(YOUR INSTRUCTIONS): In the material below, some lines may hold the word "which"; state how many do, giving only the number.

*** PROVIDED RECORDS ***

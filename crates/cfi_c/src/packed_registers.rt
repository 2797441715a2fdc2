//! The registers of a frame's caller, by a packed row, from C's values to C's values.
ghost use Rattle.std.specs.Prelude.{◌≡◌, ◌≤◌, ℕ, List, length, slice_set};
ghost use Rattle.cfi_read_core.specs.Addresses.{IsAddressSize};
ghost use Rattle.cfi_read_core.specs.ReadFunctions.{Position};
ghost use Rattle.cfi_expression.specs.Arithmetic.{displaced};
ghost use Rattle.cfi_step.specs.Callers.{by_rule, found_value};
ghost use Rattle.cfi_step.specs.PackedRows.{counted_rules};
ghost use Rattle.cfi_step.specs.PackedRules.{eightfold, pair_of};
ghost use Rattle.cfi_c.specs.FirstWindows.{IsFirstWindow};
ghost use Rattle.cfi_c.specs.PackedSteps.{AreOfCaller, IsValueBy, passed_frame};
ghost use Rattle.cfi_c.specs.PassedRegisters.{AreValues, known_value, plain_of, values_of};
ghost use Rattle.cfi_c.specs.PassedRegisters.{written_value};
ghost use Rattle.cfi_c.specs.PassedMemories.{abi_in, number_in_memory};
ghost use Rattle.cfi_c.specs.declared.register.CfiValue.{CfiValue};

use crate::first_window::FirstWindow;
use crate::memory::{CfiMemory, displaced};
use crate::register::CfiValue;
use cfi_step::packed_rules::eightfold;
use cfi_step::{Memory, PackedRow, PackedRule, SmallRule};

/// Writes the registers of the caller of a frame with this CFA.
#[inline(always)]
pub fn write_registers(
    row: &PackedRow,
    memory: &CfiMemory<'_>,
    first: &FirstWindow<'_>,
    registers: &[CfiValue],
    cfa: u64,
    caller: &mut [CfiValue],
)
    requires size { IsAddressSize memory.now.address_size }
    requires first { IsFirstWindow memory.now first.now }
    requires caller_room { length caller.old ≤ 256 }
    ensures { AreOfCaller memory.now registers.now row.now cfa caller.new }
{
    copy_values(registers, caller);
    write_ruled(row, row.rules(), memory, first, cfa, caller);
}

/// Writes those registers that aren't what they are in the frame.
#[inline(always)]
pub fn write_ruled(
    row: &PackedRow,
    rules: &[PackedRule],
    memory: &CfiMemory<'_>,
    first: &FirstWindow<'_>,
    cfa: u64,
    caller: &mut [CfiValue],
)
    requires size { IsAddressSize memory.now.address_size }
    requires first { IsFirstWindow memory.now first.now }
    requires rules { rules.now ≡ counted_rules row.now.numbers }
    ensures copied { (registers : List CfiValue) → AreValues (values_of registers) caller.old →
        AreOfCaller memory.now registers row.now cfa caller.new }
    ensures in_place { AreOfCaller memory.now caller.old row.now cfa (plain_of caller.new) }
{
    write_at(caller, usize::from(memory.stack_pointer), Some(cfa));
    // from the last rule to the first, which is the one that holds if a register has two
    for index in (0..rules.len()).rev() {
        write_by_rule(rules[index], memory, first, cfa, caller);
    }
}

/// Writes the value that a register has in the caller, by its rule, if there is room.
#[inline(always)]
fn write_by_rule(
    packed: PackedRule,
    memory: &CfiMemory<'_>,
    first: &FirstWindow<'_>,
    cfa: u64,
    caller: &mut [CfiValue],
)
    requires size { IsAddressSize memory.now.address_size }
    requires first { IsFirstWindow memory.now first.now }
    ensures { (registers : List CfiValue) (bytes : Position) → caller.new
        ≡ slice_set caller.old packed.register
        (written_value (found_value (by_rule (passed_frame memory.now registers) bytes
        (abi_in memory.now) (λ (n : ℕ). n) cfa packed.register (pair_of packed).1))) }
{
    let register = packed.register();
    if usize::from(register) >= caller.len() {
        return;
    }
    let value = value_of(&packed.rule(), memory, first, cfa);
    write_value(caller, register, value);
}

/// The value that a register has in the caller, by its rule; `None` also if it can't be read.
#[inline(always)]
fn value_of(
    rule: &SmallRule,
    memory: &CfiMemory<'_>,
    first: &FirstWindow<'_>,
    cfa: u64,
) -> Option<u64>
    requires size { IsAddressSize memory.now.address_size }
    requires first { IsFirstWindow memory.now first.now }
    ensures { IsValueBy memory.now cfa rule.now result }
{
    // most rules
    if let SmallRule::Offset(words) = *rule {
        if let Some(number) = first.number_at(cfa, words) {
            return Some(number);
        }
    }
    value_by_rule(rule, memory, cfa)
}

/// The same, whatever the rule is.
#[inline(never)]
fn value_by_rule(rule: &SmallRule, memory: &CfiMemory<'_>, cfa: u64) -> Option<u64>
    requires size { IsAddressSize memory.now.address_size }
    ensures { IsValueBy memory.now cfa rule.now result }
{
    match *rule {
        SmallRule::Undefined => None,
        SmallRule::Offset(words) => saved_value(memory, cfa, words),
        SmallRule::Constant(constant) => Some(u64::from(constant)),
    }
}

/// The number that is saved at the CFA plus so many words, if it can be read.
fn saved_value(memory: &CfiMemory<'_>, cfa: u64, words: i8) -> Option<u64>
    requires size { IsAddressSize memory.now.address_size }
    ensures { result ≡ number_in_memory memory.now
        (displaced memory.now.address_size cfa (eightfold words)) memory.now.address_size }
{
    let size = memory.address_size;
    memory.read(displaced(cfa, eightfold(words), size), size)
}

/// Writes what is known of each register for which there is room.
#[inline(always)]
fn copy_values(registers: &[CfiValue], caller: &mut [CfiValue])
    ensures { AreValues (values_of registers.now) caller.new }
{
    let count = registers.len().min(caller.len());
    for k in 0..count {
        copy_at(caller, k, registers[k]);
    }
    for rest in count..caller.len() {
        write_at(caller, rest, None);
    }
}

/// Writes the value of a register by its number, if there is room.
#[inline(always)]
fn write_value(caller: &mut [CfiValue], register: u8, value: Option<u64>)
    ensures { caller.new ≡ slice_set caller.old register (written_value value) }
{
    write_at(caller, usize::from(register), value);
}

/// Writes a value if there is room.
#[inline(always)]
fn write_at(caller: &mut [CfiValue], index: usize, value: Option<u64>)
    ensures { caller.new ≡ slice_set caller.old index (written_value value) }
{
    if index < caller.len() {
        write_into(&mut caller[index], value);
    }
}

/// Writes what is known of a register if there is room.
#[inline(always)]
fn copy_at(caller: &mut [CfiValue], index: usize, register: CfiValue)
    ensures { caller.new ≡ slice_set caller.old index (written_value (known_value register)) }
{
    if index < caller.len() {
        copy_into(&mut caller[index], register);
    }
}

/// Writes what is known of a register: a field at a time, as in `write_into`, and without a branch.
#[inline(always)]
fn copy_into(into: &mut CfiValue, register: CfiValue)
    ensures { into.new ≡ written_value (known_value register) }
{
    into.value = if register.known { register.value } else { 0 };
    into.known = register.known;
}

/// Writes the value of a register: a field at a time, so that the bytes between them aren't copied.
#[inline(always)]
fn write_into(into: &mut CfiValue, value: Option<u64>)
    ensures { into.new ≡ written_value value }
{
    match value {
        Some(value) => {
            into.value = value;
            into.known = true;
        }
        None => {
            into.value = 0;
            into.known = false;
        }
    }
}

*** End of PROVIDED RECORDS ***

(PROBLEM SOLUTION): 2